Artificial Intelligence policy in the UK is continuing to develop through targeted legislative and regulatory measures rather than a single new cross-economy law. King Charles III opened Parliament on 13 May 2026 with the announcement of 37 bills his ministers would like to pass in this parliamentary session. The new Regulating for Growth Bill will put regulatory sandboxes onto a statutory footing, allowing businesses to test innovative Artificial Intelligence products and other emerging technologies through the temporary relaxation of existing rules. The Police Reform Bill also includes a new legal framework for facial recognition and similar technologies, setting out when their use is justified and creating a single independent regulatory body to provide oversight and advice.

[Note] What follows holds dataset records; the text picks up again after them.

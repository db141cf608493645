//! Stored numbers as the rules read them.
ghost use Rattle.std.specs.Prelude.{◌≡◌, option_map};
ghost use Rattle.std.specs.Ordering.{nat_cmp, is_lt};
ghost use Rattle.hotel_model.specs.Words.{pair_cmp};
ghost use Rattle.hotel_model.specs.SoundRooms.{are_in_order, count_up};
ghost use Rattle.hotel_rows.specs.Keys.{are_numbered};
ghost use Rattle.hotel_rows.specs.Stored.{number_of};

use keycard_rules::LAST_NUMBER;

/// The greatest number, which no rule takes: it stands where there is none.
pub(crate) const NO_NUMBER: u64 = u64::MAX;

/// A stored number; one below 0 is read as one that no rule takes.
pub(crate) fn number(stored: i64) -> u64
    ensures { result ≡ number_of stored }
{
    if stored < 0 {
        return NO_NUMBER;
    }
    stored as u64
}

/// The same of a number that may be null.
pub(crate) fn number_if(stored: Option<i64>) -> Option<u64>
    ensures { result ≡ option_map number_of stored }
{
    match stored {
        Some(stored) => Some(number(stored)),
        None => None,
    }
}

/// Whether each key comes before the next.
pub(crate) fn rise(keys: &[u64]) -> bool
    ensures { result ≡ are_in_order nat_cmp keys.now }
{
    for i in 1..keys.len() {
        if keys[i - 1] >= keys[i] {
            return false;
        }
    }
    true
}

fn is_before(a: (u64, u64), b: (u64, u64)) -> bool
    ensures { result ≡ is_lt (pair_cmp a b) }
{
    a < b
}

/// Whether each pair comes before the next.
pub(crate) fn rise_in_pairs(keys: &[(u64, u64)]) -> bool
    ensures { result ≡ are_in_order pair_cmp keys.now }
{
    for i in 1..keys.len() {
        if !is_before(keys[i - 1], keys[i]) {
            return false;
        }
    }
    true
}

/// Whether the keys are 1, 2 and so on.
pub(crate) fn count_from_one(keys: &[u64]) -> bool
    ensures { result ≡ count_up 1 keys.now }
{
    for (i, key) in keys.iter().enumerate() {
        if *key != i as u64 + 1 {
            return false;
        }
    }
    true
}

/// Whether the keys are 1 and on, in order, and no more than there are numbers.
pub(crate) fn are_numbered(keys: &[u64]) -> bool
    ensures { result ≡ are_numbered keys.now }
{
    if !count_from_one(keys) {
        return false;
    }
    keys.len() <= LAST_NUMBER as usize
}
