//! Recodings and a replaced lock of a chain of codes, and the first full night of a list of stays, by their own calls.
use hotel_nights::{Day, Guest, KindCode, Stay, StayState, first_full_night};
use keycard_rules::{Chain, Code, Link, PartyNo, RecodeFault, Turned};
use std::alloc::Global;
use std::process::Abort;
use std::test::Fail;

fn code(value: u64) -> Result<Code, Fail> {
    Ok(Code::new(value).ok_or("a code")?)
}

fn link(old_code: u64, new_code: u64) -> Result<Link, Fail> {
    Ok(Link {
        old_code: code(old_code)?,
        new_code: code(new_code)?,
    })
}

/// Issues a code that wasn't issued before.
fn issue(chain: &mut Chain, value: u64) -> Result<Link, Fail> {
    let code = code(value)?;
    if chain.holds(code) {
        return Err(Fail::from("issued before"));
    }
    Ok(chain.issue(code)?)
}

/// The room of two guests who were both checked in: its lock holds a0, and awaits a1 and a2.
fn left_behind(alloc: Global) -> Result<Chain, Fail> {
    let mut chain = Chain::install(alloc, code(0xa0)?)?;
    issue(&mut chain, 0xa1)?;
    issue(&mut chain, 0xa2)?;
    Ok(chain)
}

/// The lock holds this code and awaits so many, and the last one issued is a2.
fn stands<A: Abort>(rt: &A, chain: &Chain, held: u64, awaited: usize) -> Result<(), Fail> {
    assert!(rt; chain.held() == code(held)?);
    assert!(rt; chain.awaited_len() == awaited);
    assert!(rt; chain.current() == code(0xa2)?);
    Ok(())
}

/// The second guest's card opens nothing before the recoding and all after it.
#[test]
fn left_behind_recoded(rt: HostRuntime) -> Result<(), Fail> {
    let mut chain = left_behind(rt.alloc())?;
    let newest = link(0xa1, 0xa2)?;
    assert!(rt; chain.enter(&newest) == None);
    stands(&rt, &chain, 0xa0, 2)?;
    assert!(rt; chain.recode(code(0xa0)?, code(0xa2)?) == Ok(()));
    stands(&rt, &chain, 0xa2, 0)?;
    let held = code(0xa2)?;
    let turned = Turned {
        before: held,
        after: held,
    };
    assert!(rt; chain.enter(&newest) == Some(turned));
    stands(&rt, &chain, 0xa2, 0)
}

/// To a passed code, to another room's, to the held one; from another than the held one.
static REFUSED: [(u64, u64, RecodeFault); 4] = [
    (0xa1, 0xa0, RecodeFault::NotAwaited),
    (0xa1, 0xb0, RecodeFault::NotAwaited),
    (0xa1, 0xa1, RecodeFault::NotAwaited),
    (0xa0, 0xa2, RecodeFault::HeldDiffers),
];

/// After the first guest's entry these recodings are refused and change nothing; then one is taken.
#[test]
fn recoding_refused(rt: HostRuntime) -> Result<(), Fail> {
    let mut chain = left_behind(rt.alloc())?;
    chain.enter(&link(0xa0, 0xa1)?);
    stands(&rt, &chain, 0xa1, 1)?;
    for (from, to, why) in &REFUSED {
        assert!(rt; chain.recode(code(*from)?, code(*to)?) == Err(*why));
        stands(&rt, &chain, 0xa1, 1)?;
    }
    assert!(rt; chain.recode(code(0xa1)?, code(0xa2)?) == Ok(()));
    stands(&rt, &chain, 0xa2, 0)
}

/// Fits a lock of a code that wasn't issued before.
fn refit(chain: &mut Chain, value: u64) -> Result<(), Fail> {
    let code = code(value)?;
    if chain.holds(code) {
        return Err(Fail::from("issued before"));
    }
    Ok(chain.refit(code)?)
}

/// A room whose guest never came; then its lock is replaced by one of code a2.
fn refitted(alloc: Global) -> Result<Chain, Fail> {
    let mut chain = Chain::install(alloc, code(0xa0)?)?;
    issue(&mut chain, 0xa1)?;
    refit(&mut chain, 0xa2)?;
    Ok(chain)
}

/// The lock opens to no earlier card and is recoded to no earlier code; nothing of the chain is lost.
#[test]
fn refitted_chain(rt: HostRuntime) -> Result<(), Fail> {
    let mut chain = refitted(rt.alloc())?;
    stands(&rt, &chain, 0xa2, 0)?;
    for value in [0xa0, 0xa1, 0xa2] {
        assert!(rt; chain.holds(code(value)?));
    }
    assert!(rt; chain.enter(&link(0xa0, 0xa1)?) == None);
    assert!(rt; chain.recode(code(0xa2)?, code(0xa1)?) == Err(RecodeFault::NotAwaited));
    stands(&rt, &chain, 0xa2, 0)
}

/// The card that is issued next is of the lock's code, and opens it.
#[test]
fn card_of_a_refitted_chain(rt: HostRuntime) -> Result<(), Fail> {
    let mut chain = refitted(rt.alloc())?;
    let newest = issue(&mut chain, 0xa3)?;
    assert!(rt; newest == link(0xa2, 0xa3)?);
    let turned = Turned {
        before: code(0xa2)?,
        after: code(0xa3)?,
    };
    assert!(rt; chain.enter(&newest) == Some(turned));
    assert!(rt; chain.held() == code(0xa3)?);
    assert!(rt; chain.awaited_len() == 0);
    Ok(())
}

fn day(number: u16) -> Result<Day, Fail> {
    Ok(Day::new(number).ok_or("a day")?)
}

fn kind() -> Result<KindCode, Fail> {
    Ok(KindCode::read(b"DBL").ok_or("a kind")?)
}

/// A booked stay of these days.
fn booked(alloc: Global, party: u32, arrive: u16, depart: u16) -> Result<Stay, Fail> {
    Ok(Stay {
        party: PartyNo::new(party).ok_or("a party")?,
        guest: Guest::read(alloc, "A")?,
        kind: kind()?,
        arrive: day(arrive)?,
        depart: day(depart)?,
        state: StayState::Booked,
    })
}

/// So many rooms, and the days that are asked for; the first full night, where there is one.
static ASKED: [(u32, u16, u16, Option<u16>); 5] = [
    (1, 4, 6, Some(4)),
    (1, 5, 8, None),
    (2, 1, 5, None),
    (0, 6, 8, Some(6)),
    (1, 4, 4, None),
];

#[test]
fn first_full_nights(rt: HostRuntime) -> Result<(), Fail> {
    let stays = [booked(rt.alloc(), 1, 1, 3)?, booked(rt.alloc(), 2, 3, 5)?];
    for (rooms, arrive, depart, full) in &ASKED {
        let night = first_full_night(&stays, &kind()?, *rooms, day(*arrive)?, day(*depart)?);
        let full = match full {
            Some(number) => Some(day(*number)?),
            None => None,
        };
        assert!(rt; night == full);
    }
    Ok(())
}
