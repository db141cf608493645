//! Locks that stand alone, by their own calls.
use hotel_lock::{Line, Lock, LogFault, LoggedLock, read_notes, write_notes};
use hotel_nights::Moment;
use hotel_streams::{FailingWriter, IoCalls};
use keycard_rules::{Act, CardNo, Code, FitNo, Link, LockNote, RoomNo};
use std::alloc::Global;
use std::process::Abort;
use std::test::Fail;

fn code(value: u64) -> Result<Code, Fail> {
    Ok(Code::new(value).ok_or("a code")?)
}

fn link(old_code: u64, new_code: u64) -> Result<Link, Fail> {
    Ok(Link {
        old_code: code(old_code)?,
        new_code: code(new_code)?,
    })
}

fn card(number: u32) -> Result<CardNo, Fail> {
    Ok(CardNo::new(number).ok_or("a card")?)
}

fn three_o_clock() -> Result<Moment, Fail> {
    Ok(Moment::read(b"2031-05-01T15:00:00").ok_or("a moment")?)
}

/// A new lock of room 101, set to a0.
fn fitted(alloc: Global) -> Result<LoggedLock, Fail> {
    let room = RoomNo::new(101).ok_or("a room")?;
    let fit = FitNo::new(1).ok_or("a fit")?;
    Ok(LoggedLock::fitted(alloc, room, fit, code(0xa0)?))
}

/// The lock holds this code, and its last note has this count and act.
fn stands<A: Abort>(
    rt: &A,
    logged: &LoggedLock,
    held: u64,
    made: u32,
    act: Act,
) -> Result<(), Fail> {
    assert!(rt; logged.lock().held() == code(held)?);
    assert!(rt; logged.lock().made() == made);
    let last = logged.notes().last().ok_or("a note")?;
    assert!(rt; last.count.value() == made);
    assert!(rt; last.act == act);
    Ok(())
}

/// Ann's card opens, twice, and then Bo's, behind which hers opens no more.
#[test]
fn two_guests_in_turn(rt: HostRuntime) -> Result<(), Fail> {
    let mut logged = fitted(rt.alloc())?;
    let at = three_o_clock()?;
    let (ann, bo) = (link(0xa0, 0xa1)?, link(0xa1, 0xa2)?);
    let (anns, bos) = (card(1)?, card(2)?);
    assert!(rt; logged.enter(bos, &link(0xb0, 0xb1)?, at)? == false);
    assert!(rt; logged.lock().made() == 0);
    for made in [1u32, 2] {
        assert!(rt; logged.enter(anns, &ann, at)?);
        stands(
            &rt,
            &logged,
            0xa1,
            made,
            Act::Entered {
                card: anns,
                link: ann,
            },
        )?;
    }
    assert!(rt; logged.enter(bos, &bo, at)?);
    stands(
        &rt,
        &logged,
        0xa2,
        3,
        Act::Entered {
            card: bos,
            link: bo,
        },
    )?;
    assert!(rt; logged.enter(anns, &ann, at)? == false);
    stands(
        &rt,
        &logged,
        0xa2,
        3,
        Act::Entered {
            card: bos,
            link: bo,
        },
    )
}

/// A card goes out once for each time it came in, and no card goes out that has other codes.
#[test]
fn exits_of_cards_inside(rt: HostRuntime) -> Result<(), Fail> {
    let mut logged = fitted(rt.alloc())?;
    let at = three_o_clock()?;
    let ann = link(0xa0, 0xa1)?;
    let anns = card(1)?;
    assert!(rt; logged.leave(anns, &ann, at)? == false);
    assert!(rt; logged.enter(anns, &ann, at)?);
    assert!(rt; logged.leave(anns, &link(0xa0, 0xa2)?, at)? == false);
    assert!(rt; logged.leave(card(2)?, &ann, at)? == false);
    assert!(rt; logged.leave(anns, &ann, at)?);
    stands(
        &rt,
        &logged,
        0xa1,
        2,
        Act::Left {
            card: anns,
            link: ann,
        },
    )?;
    assert!(rt; logged.leave(anns, &ann, at)? == false);
    assert!(rt; logged.lock().made() == 2);
    Ok(())
}

/// Staff set a lock to a code that it holds already: it makes no note of this.
#[test]
fn set_twice(rt: HostRuntime) -> Result<(), Fail> {
    let mut logged = fitted(rt.alloc())?;
    let at = three_o_clock()?;
    let (from, to) = (code(0xa0)?, code(0xa1)?);
    assert!(rt; logged.set(from, at)?);
    assert!(rt; logged.notes().is_empty());
    assert!(rt; logged.set(to, at)?);
    assert!(rt; logged.set(to, at)?);
    stands(&rt, &logged, 0xa1, 1, Act::Recoded { from, to })?;
    let first = logged.notes().first().ok_or("a note")?;
    let mut idle = *first;
    idle.act = Act::Recoded { from, to: from };
    assert!(rt; !is_replayed(rt.alloc(), &logged, from, &[idle])?);
    Ok(())
}

/// Staff set a lock; its notes are those of a lock alone, from its first code on and in their order.
#[test]
fn logs_replayed(rt: HostRuntime) -> Result<(), Fail> {
    let mut logged = fitted(rt.alloc())?;
    let at = three_o_clock()?;
    let (from, to) = (code(0xa0)?, code(0xa1)?);
    assert!(rt; logged.set(to, at)?);
    stands(&rt, &logged, 0xa1, 1, Act::Recoded { from, to })?;
    assert!(rt; logged.enter(card(2)?, &link(0xa1, 0xa2)?, at)?);
    assert!(rt; is_replayed(rt.alloc(), &logged, from, logged.notes())?);
    assert!(rt; !is_replayed(rt.alloc(), &logged, to, logged.notes())?);
    let (first, later) = logged.notes().split_first().ok_or("a note")?;
    assert!(rt; !is_replayed(rt.alloc(), &logged, from, later)?);
    assert!(rt; !is_replayed(rt.alloc(), &logged, from, &[*first, *first])?);
    Ok(())
}

/// The text of a log is a header and a line for each note, and is read as these notes. A failed write is a fault.
#[test]
fn logs_written_and_read(rt: HostRuntime) -> Result<(), Fail> {
    let alloc = rt.alloc();
    let mut logged = fitted(alloc)?;
    assert!(rt; logged.set(code(0xa1)?, three_o_clock()?)?);
    let mut text = Vec::new(alloc);
    assert!(rt; write_notes(alloc, logged.notes(), &mut text, &mut IoCalls::none()).is_ok());
    let header = "room,fit,count,kind,card,old,new,at\n";
    let line = "101,1,1,recode,,0000000000a0,0000000000a1,2031-05-01T15:00:00\n";
    assert!(rt; text.as_slice() == format!(in alloc; "{header}{line}")?.as_bytes());
    let lines = read_notes(alloc, &text).map_err(|_| "an audit file")?;
    assert!(rt; lines.len() == 1);
    let first = logged.notes().first().ok_or("a note")?;
    assert!(rt; lines.first() == Some(&Line::Note(*first)));
    let mut writer = FailingWriter {
        writer: Vec::new(alloc),
        good: 1,
    };
    let failed = write_notes(alloc, logged.notes(), &mut writer, &mut IoCalls::none());
    assert!(rt; failed == Err(LogFault::Write));
    assert!(rt; writer.writer.as_slice() == header.as_bytes());
    Ok(())
}

/// Whether notes are replayed to a lock that holds what this one does.
fn is_replayed(
    alloc: Global,
    logged: &LoggedLock,
    first: Code,
    notes: &[LockNote],
) -> Result<bool, Fail> {
    let lock: &Lock = logged.lock();
    let found = LoggedLock::replayed(alloc, lock.room(), lock.fit(), first, notes)?;
    Ok(match found {
        Some(again) => again.lock() == lock,
        None => false,
    })
}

The Crime and Policing Act 2026 adds several Artificial Intelligence-related measures to the UK framework for online harms and criminal offences. The secretary of state must present a report by 31 December 2026 on progress toward regulations addressing illegal Artificial Intelligence-generated content and the use of Artificial Intelligence services in priority offences under the Online Safety Act 2023, unless draft regulations have already been laid before Parliament. The act makes offences involving purported intimate images, including Artificial Intelligence-generated deepfakes, priority offences under the Online Safety Act, requiring platforms to remove such material and take steps to prevent it from appearing. It also creates offences covering CSA image-generators, purported intimate image generators, and updates the paedophile manuals offence to include pseudo-photographs and prohibited images, extending liability to corporate bodies as well as individuals in key areas.
The Information Commissioner’s Office has published five practical steps for resisting Artificial Intelligence-powered cyber threats, including horizon scanning, layered cyber basics, stronger access control and supply chain governance, security monitoring with human oversight, and protection of personal data under the UK GDPR. Key threats identified include Artificial Intelligence-enhanced phishing, deepfake social engineering, automated vulnerability scanning, Artificial Intelligence-powered malware, credential stuffing, data poisoning and indirect prompt injection attacks. On copyright, the government response to a House of Lords committee report signals more process than policy change. Planned work includes a consultation on digital replicas this summer, an Artificial Intelligence labelling taskforce with an interim report expected in the autumn, a review of tools that let creators control their works online, a working group for smaller creative organisations, and a Creative Content Exchange. The government states that it no longer has a preferred option for copyright reform.
In the EU, legislators reached a provisional agreement on the Digital Omnibus on Artificial Intelligence on 7 May 2026. The amendments include a fixed timeline for delayed application of high-risk rules, a new prohibition on systems that generate non-consensual sexual or intimate content or child sexual abuse material, restoration of certain registration duties for high-risk systems, and a shorter grace period for labelling Artificial Intelligence-generated content. The grace period is reduced from six months to three months, with the new deadline set for 2 December 2026. The Parliament and the Council intend to complete adoption before 2 August 2026, when the EU Artificial Intelligence Act’s high-risk rules are currently due to take effect.
The European Commission is also consulting on practical guidance for compliance. Draft guidelines on classification of high-risk Artificial Intelligence systems aim to help providers, deployers and market surveillance authorities determine whether a system is high risk, with the consultation closing on 23 June 2026. A separate consultation on transparency obligations under Article 50 of the EU Artificial Intelligence Act closes on 3 June 2026. Those obligations are officially set to take effect on 2 August 2026, although that timing may change depending on the Digital Omnibus on Artificial Intelligence. The Commission is developing the guidance alongside a code on marking and labelling Artificial Intelligence-generated content, with the final code expected in June 2026.